Montreal

Canada's leading research university is coming under fire after one of its affiliated hospitals withdrew a job offer to a prominent critic of psychological drugs.

Focus of controversy: the Centre for Addiction and Mental Health in Toronto.

Late last year, the Centre for Addiction and Mental Health (CAMH) at the University of Toronto hastily retracted an offer to David Healy, a reader in psychological medicine at the University of Wales College of Medicine in Cardiff, to become clinical director of its mood and anxiety disorders programme.

In a letter to Robert Birgeneau, president of the University of Toronto, the contents of which were made public earlier this month, 27 eminent scientists said that the handling of the affair was “besmirching the name of one of North America's great research universities”, and was an “affront to the standards of free speech and academic freedom”.

David Naylor, the university's dean of medicine, hit back on 7 September, calling the letter “misdirected” and saying that the authors — including two Nobel prizewinners and six past presidents of professional societies — should have discussed its contents with the university before releasing it publicly.

The post offered to Healy, which included a 'status-only' professorship, was rescinded after he gave a lecture at the university in which he was said to have criticized the use of so-called 'psychotropic' drugs. These include the antidepressant Prozac, made by Eli Lilly and Co., which contributes funds to the CAMH. Media reports in Canada suggested that this link with industry influenced the decision to withdraw the employment offer.

Naylor denies any such influence. “This is an issue where a partner (CAMH) has made a decision on a clinical leadership position and then, unfortunately, decided to reverse the decision,” he says. He adds that the university will still provide an academic appointment for Healy, provided that he gets a medical appointment in an affiliated hospital.
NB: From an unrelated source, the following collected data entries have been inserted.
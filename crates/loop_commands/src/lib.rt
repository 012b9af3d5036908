//! The command `loops`: whether two closed walks of a surface are freely homotopic.
//!
//! It is a command as those of `commands` are: `loops` gives a `Reply`, or what stops it, with the clause `Runs` of its check
//! (specs/Loops.antt, which has the theorem that a reader looks for first).
#![tactic(auto)]

mod input;
pub mod loops;

pub use input::read_loops;
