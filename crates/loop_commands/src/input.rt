//! Reading the closed walks that a command is about.
ghost use Rattle.std.specs.Prelude.{◌≡◌, MatchResult, IfOk};
ghost use Rattle.surf_model.specs.FaceLists.{FaceList};
ghost use Rattle.surf_model.specs.Edges.{IsTableOf};
ghost use Rattle.walk_files.specs.ClosedPairs.{IsClosedPair};
ghost use Rattle.commands.specs.Checks.{Passes};
ghost use Rattle.commands.specs.Stops.{EndsReading, Stops, Tells};
ghost use Rattle.loop_commands.specs.Loops.{loops_in, loops_line};

use commands::{Phrase, Stop, read_list, refused, refused_at_place};
use std::alloc::Global;
use surf_io::Shelf;
use surf_model::Sides;
use walk_files::{LoopFault, WalkList, check_loops};

/// Reads the two closed walks of the mesh with this table.
pub fn read_loops<S: Shelf>(
    alloc: Global,
    shelf: &mut S,
    name: &str,
    sides: &Sides,
) -> Result<WalkList, Stop>
    ensures reads { EndsReading S.held S.faults shelf.old shelf.new
        (λ files. (mesh : FaceList) → IsTableOf mesh sides.now
        → MatchResult result (λ list. Passes (loops_in files name.now mesh) list.walks) (Stops (loops_in files name.now mesh))) result }
    ensures loops { IfOk result (λ list. (mesh : FaceList) → IsTableOf mesh sides.now → IsClosedPair mesh list.walks) }
{
    let walks = read_list(alloc, shelf, name)?;
    match check_loops(sides, &walks) {
        Ok(()) => Ok(walks),
        Err(fault) => Err(stop_for(fault)),
    }
}

/// What stops the command, where walks are not two closed walks of the mesh.
fn stop_for(fault: LoopFault) -> Stop
    ensures { Tells (loops_line fault) result }
{
    match fault {
        LoopFault::NotTwo { count } => {
            refused(&[Phrase::Text("walks count"), Phrase::Number(count)])
        }
        LoopFault::NoVertex { walk, place } => refused_at_place(walk, place, "vertex"),
        LoopFault::NoEdge { walk, place } => refused_at_place(walk, place, "edge"),
        LoopFault::NotClosed { walk } => refused(&[
            Phrase::Text("walk"),
            Phrase::Number(walk as u64),
            Phrase::Text("open"),
        ]),
    }
}
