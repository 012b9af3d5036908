//! A double cover of a closed manifold is one, and the orientation cover of a closed surface without coherent signs is a surface.
//!
//! It is a matter of definitions. Over each side of the mesh lie two of the cover, which start on the two sheets: so an edge of the cover
//! has as many sides as the edge below it. And a step round a vertex of the mesh lies below a step round either of the two vertices over
//! it, so the corners there hang together as they do below. If the two vertices over one were not joined, the sheets of those vertices
//! that are joined to the lower of them would tell coherent signs.
//!
//! The cover has twice the vertices, edges and faces of the mesh.
//!
//! docs/COVERS.md tells of covers with a drawing.
#![tactic(auto)]

pub mod laws;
Naylor says the recruitment process has been “less than ideal”, but argues that criticism of the university “reflects a fundamental misunderstanding” of its relationship with clinical affiliates, such as the CAMH. The offer to Healy involved no university resources and was not a tenure-track appointment, Naylor says.

Those who heard the lecture, on 30 November, differ about what Healy actually said. Paul Garfinkel, head of the CAMH, says that CAMH staff present told him they were “shocked and alarmed” at Healy's statements on the hazards of some antipsychotic drugs. Garfinkel says that Healy has lost the support and respect of colleagues.
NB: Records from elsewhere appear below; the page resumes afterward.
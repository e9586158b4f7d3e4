//! A session, on which the calls of a script are made one by one.

use call_reader::read_line;
use cvl_base::{Config, Ints, Memory, Refused};
use std::thread::Threads;
use vector_handles::{Input, Session, Shown};

/// The lines of a script.
const LINES: [&str; 3] = ["a = input 1", "b = add_suz a", "write b"];

/// The text that a script shows of five numbers.
pub fn text_of_scan<R: Threads + Sync, A: Memory>(
    rt: &R,
    alloc: A,
    config: Config,
    numbers: [i32; 5],
) -> Result<Vec<u8, A>, Refused> {
    let input = Ints::from_vec(Vec::from_slice(alloc, &numbers)?);
    let mut inputs = Vec::new(alloc);
    inputs.push(Input::Vector(input))?;
    let mut session = Session::new(alloc, config, inputs)?;
    let mut shown = Vec::new(alloc);
    for line in LINES {
        let Some(call) = read_line(alloc, line.as_bytes())? else {
            continue;
        };
        if let Shown::Text(text) = session.apply(rt, &call)? {
            shown.extend_from_slice(&text)?;
        }
    }
    Ok(shown)
}
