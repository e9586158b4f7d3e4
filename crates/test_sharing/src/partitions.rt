//! Partitions on several threads.

ghost use Rattle.std.specs.Prelude.{◌%◌};

use cvl_base::{Memory, NoResources};
use digit_partitions::{Digit, partition_by_threads};
use sharing::ThreadCount;
use std::thread::Threads;

/// The last decimal digit.
#[derive(Drop)]
struct LastDigit;

impl Digit<u32> for LastDigit {
    ghost use Rattle.std.specs.Prelude.{◌%◌};

    ghost digit = { λ d x. x % 10 };

    ghost digits = { λ d. 10 };

    fn count(&self) -> usize {
        10
    }

    fn of(&self, element: &u32) -> usize {
        (*element % 10) as usize
    }
}

/// Whether these are the numbers from 0 on, by their last digit: 0, 10, 20 and so on, then 1, 11 and so on.
fn are_by_last_digit(numbers: &[u32]) -> bool {
    let mut expected = 0;
    for number in numbers {
        if *number as usize != expected {
            return false;
        }
        expected = if numbers.len().saturating_sub(10) > expected {
            expected + 10
        } else {
            expected % 10 + 1
        };
    }
    true
}

/// Whether the numbers below one are put in the order of their last digit.
pub fn are_parted<R: Threads + Sync, A: Memory>(
    rt: &R,
    heap: A,
    threads: ThreadCount,
    length: u16,
) -> Result<bool, NoResources> {
    let mut numbers = vec![in heap; 0; usize::from(length)]?;
    for k in 0..numbers.len() {
        numbers[k] = k as u32;
    }
    let mut room = vec![in heap; 0; usize::from(length)]?;
    partition_by_threads(rt, heap, threads, &LastDigit, &mut numbers, &mut room)?;
    Ok(are_by_last_digit(&numbers))
}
“This has nothing to do with academic freedom,” says Garfinkel. “No one disputes Healy's freedom to say whatever he wants, and in a university setting this is encouraged. But in a hospital we have to worry about quality of patient care first.”

Healy says that he did not say anything new in his lecture, and that it was well received by the audience, including many clinicians. This is “in complete contrast to what has been said by Dr Naylor and Dr Garfinkel”, he adds. Healy also says that few CAMH staff were present, and that the only objector was CAMH chief physician David Goldbloom, whom Healy says was not enthusiastic about what he said on the hazards of some antipsychotic drugs.

Thomas Ban, emeritus professor of psychiatry at Vanderbilt University in Nashville, Tennessee, who composed the letter to Birgeneau, says that academic freedom is the sole issue involved. Margaret Somerville, director of the Centre for Medicine, Law and Ethics at McGill University in Montreal, says: “When you put universities and industry together, you get these conflicts.”